Last year it became common knowledge among eLearning professionals that ROI (Return on Investment) is more than a number. It’s a metric that requires you to state projected costs and benefits explicitly. It forces you to evaluate whether you’re proposing a sound investment or a loser. It provides a standard of comparison to other demands on the company’s resources. It makes you think like a business decision-maker. Too bad it’s obsolete.
ROI has a fatal flaw - it assumes that the funds that make up the “I” are endlessly available. And free. In the real world, funds are limited. There’s only so much to go around. Cash comes with a price-tag - what it costs your company to borrow the money. Alternatively, the price of money (“cost of capital” to your CFO) approximates what you could get from investing the funds outside of the company (which you’d presumably do if you didn’t have better investments inside).
Your company’s cost of capital is related to how risky investors think it to loan you money, your bond or credit rating, and the availability of investment capital in the economy. Luckily, we don’t have to be picky about the specific number. Ask your CFO. Or use 10%. It’s not going to be that far off the mark, and it takes into account the reality that investment funds are neither free nor unlimited.

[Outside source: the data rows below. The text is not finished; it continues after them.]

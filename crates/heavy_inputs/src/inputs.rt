//! Where records come from: standard input, or files that the command line names.

ghost use Rattle.std.specs.Prelude.{◌≡◌, ◌⊎◌, IfErr};
ghost use Rattle.heavy_host.specs.Opening.{FailsToOpen};

use crate::disk_file::DiskFile;
use crate::input::{Input, InputSource, Reader, len_in, source_of};
use crate::kept_pipe::keep_pipe;
use crate::notes::InputNotes;
use crate::open_file::OpenFile;
use heavy_host::{Named, open_input};
use heavy_progress::{Form, ProgressReader, SharedProgress, Tail};
use heavy_requests::Asked;
use hh_faults::ToolError;
use std::fs;

/// An input of records that is open.
#[derive(Drop)]
pub struct OpenInput {
    source: InputSource,
    /// Its place among the command line's files, from 1 on, and 0 where it has none.
    number: u64,
}

impl OpenInput {
    /// Whether it is a file of the disk that isn't empty, which can be read at any place.
    pub fn is_disk_file(&self) -> bool {
        matches!(self.source, InputSource::Disk(..))
    }
}

/// How the inputs of a command are opened.
#[derive(Clone, Copy)]
pub struct Inputs<'a> {
    pub rt: &'a HostRuntime,
    /// What is noted of them.
    pub notes: &'a InputNotes,
    /// The progress of workers, where it is reported.
    progress: Option<&'a SharedProgress<'a>>,
    /// Whether the first bytes of an input that can't be read again may be printed, and are kept.
    keeps_begin: bool,
    /// How records are parted.
    pub form: Form,
    /// How many bytes of a pipe are kept in memory, where it is read twice.
    most_kept: u64,
}

impl<'a> Inputs<'a> {
    /// Gathers how the inputs that `asked` names are opened, with what goes to `notes` and
    /// `progress` while they are read. It opens none of them: [`open`](Inputs::open) does, one at
    /// a time.
    pub fn new(
        rt: &'a HostRuntime,
        asked: &Asked,
        notes: &'a InputNotes,
        progress: Option<&'a SharedProgress<'a>>,
    ) -> Inputs<'a> {
        Inputs {
            rt,
            notes,
            progress,
            keeps_begin: asked.explains_faults(rt) || !asked.records.are_plain(),
            form: Form {
                delimiter: asked.records.parting_byte().unwrap_or(b','),
                has_header: asked.records.layout.has_header,
            },
            most_kept: asked.memory_bytes(),
        }
    }

    /// Opens the input `name` with its `number`. Standard input is empty where it `is_taken`.
    pub fn open(self, name: &[u8], number: u64, is_taken: bool) -> Result<OpenInput, ToolError>
        ensures refused { IfErr result (FailsToOpen name.now number) }
    {
        let source = match open_input(self.rt, name, number, is_taken, &self.notes.unread)? {
            Named::Standard => InputSource::Standard(self.rt.stdin()),
            Named::Nothing => InputSource::Nothing,
            Named::File(file) => source_of(file, self.form.quoted_by()),
        };
        Ok(OpenInput { source, number })
    }

    /// Makes a reader of an open `input`.
    pub fn reader(self, input: OpenInput) -> Reader<'a> {
        let size = self.len_of(&input.source);
        let is_read_once = !input.is_disk_file();
        let inner = Input {
            source: input.source,
            number: input.number,
            notes: self.notes,
            keeps_begin: self.keeps_begin && is_read_once,
            delimiter: self.form.delimiter,
            tail: is_read_once.then_some(Tail::new(self.rt.alloc())),
        };
        let all = match self.progress {
            Some(_) => Some(&self.notes.progress),
            None => None,
        };
        ProgressReader::new(self.rt, inner, size, self.form, all)
    }

    /// Makes of an open `input` what is read at any place: a file of the disk is read as it is, and
    /// all else is read to its end here, and kept.
    pub fn source(self, input: OpenInput) -> Result<OpenFile<'a>, ToolError>
        ensures refused { IfErr result (λ fault.
            (fault ≡ ToolError.Memory) ⊎ (fault ≡ ToolError.ReadFault)) }
    {
        let OpenInput { source, number } = input;
        match source {
            InputSource::Disk(file, _) => {
                Ok(OpenFile::Disk(DiskFile {
                    file,
                    number,
                    unread: &self.notes.unread,
                    progress: self.progress,
                }))
            }
            source => {
                let pipe = self.reader(OpenInput { source, number });
                let kept = keep_pipe(self.rt, pipe, self.most_kept, &self.notes.unread)?;
                Ok(OpenFile::Kept(kept))
            }
        }
    }

    /// How many bytes the file at `path` has, where it is one of the disk.
    fn len_at(self, path: &str) -> Option<u64> {
        match fs::metadata(self.rt, path) {
            Ok(metadata) => len_in(&metadata),
            Err(_) => None,
        }
    }

    /// How many bytes `source` has, where that is known before it is read.
    fn len_of(self, source: &InputSource) -> Option<u64> {
        match source {
            InputSource::Standard(_) => self.len_at("/dev/stdin"),
            InputSource::Disk(file, _) => Some(file.first_len()),
            InputSource::File(file) => len_in(&file.metadata().ok()?),
            InputSource::Nothing => Some(0),
        }
    }
}

/// Starts the progress of workers over the files of records, where `asked` wants it reported.
pub fn shared_progress<'a>(rt: &'a HostRuntime, asked: &Asked) -> Option<SharedProgress<'a>> {
    if !asked.tells_progress {
        return None;
    }
    SharedProgress::start(rt, &asked.records.files, asked.passes()).ok()
}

“Economic Value Added,” EVA for short, is a measure of ROI that takes the cost of funds into account. Unlike ROI, EVA is an amount, not a ratio. This keeps you focused on overall value. You won’t trade off a project with a 2000% ROI that only yields $10,000 in returns against a project with 30% ROI that nets $850,000.
EVA is not difficult to calculate. Assume you’re making the case for a new program that you expect to return $32,000 for your $200,000 investment in its first year. Your ROI would be 32,000/200,000 = 16%.
The EVA for this project deducts the cost of using the $200,000 ( x 10% = $20,000). Your EVA is based on your return less what you must pay for tying up the company’s capital, $32,000 - $20,000 = $12,000. Your EVA ratio is 12,000/200,000 = 6%.